Monday, November 23, 2009

Artist Statement

Atrocity Landscapes: World War I & World War II France Series

War is a malignant disease, an idiocy, a prison, and the pain it causes is beyond telling or meaning; but war was our condition and our history, the place we had to live in.-- Martha Gellhorn

The photographic exploration of past wars is one way I observe contemporary landscapes, but not just any landscapes. Places marking historical atrocities dating back to World War I in the trenches of the Somme region and the bunkers and forts in Verdun, France to World War II and the Allied invasion of Normandy are of particular interest to me. Those epic battles that occurred in the 20th century changed the course of human history, and today, we live with the consequences. The worst in human nature is still highlighted by those very places where many thousands and even millions of people perished due to war. This results in what I call an atrocity landscape.
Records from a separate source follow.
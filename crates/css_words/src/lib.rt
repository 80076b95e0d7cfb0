//! The words of a command line: which command they are, and what its options say.
#![tactic(auto)]

mod bounds;
mod command;
mod companion;
mod complaints;
mod fault;
mod generator;
pub mod laws;
mod options;
mod pair;
mod recorded;
mod relay;
mod tv;
mod watch;
mod words;

pub use command::{Command, command_of};
pub use complaints::complaint;
pub use css_address::Address;
pub use css_num::{Memory, Text};
pub use css_outside::Limit;
pub use css_tsmsg::Bound;
pub use fault::WordsFault;
pub use words::{
    CompanionOptions, CompanionWords, GeneratorWords, PairWords, RelayWords, TvWords, WatchWords,
};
In the absence of the people who suffered in these places, the enduring architecture of war machines, bunkers, and disfigured infrastructure creates a message that easily transcends time.

My interest as a photographer is to notice those places and connect the past atrocity with what remains in the present day landscape. In some instances, the landscape has changed, mostly as a consequence of Mother Nature, but remains forever scarred by the human conflict. Tangibly speaking, little remains of war in these places except for concrete bunkers, barrack foundations, and bombardment craters. The immediate horrors of the battle are covered by time, leaving memorial ground from which we are asked to remember those who sacrificed. In my photographic investigations, I ask the viewer to not simply remember, but to explore our collective historical memory of atrocity as it inhabits the landscape today.

Furthermore, I photograph these places to release my own profound sense of loss experienced as a student of human history. It is my intention that these photographs bridge the gap between the past and the present through a reinterpretation of how landscapes serve as witness to humanity’s worst conflicts. The images I create are merely a trace of the past in the present.

This body of work was produced using vintage cameras, most notably the Brownie Hawkeye manufactured by Kodak from 1940s to the early 1960s.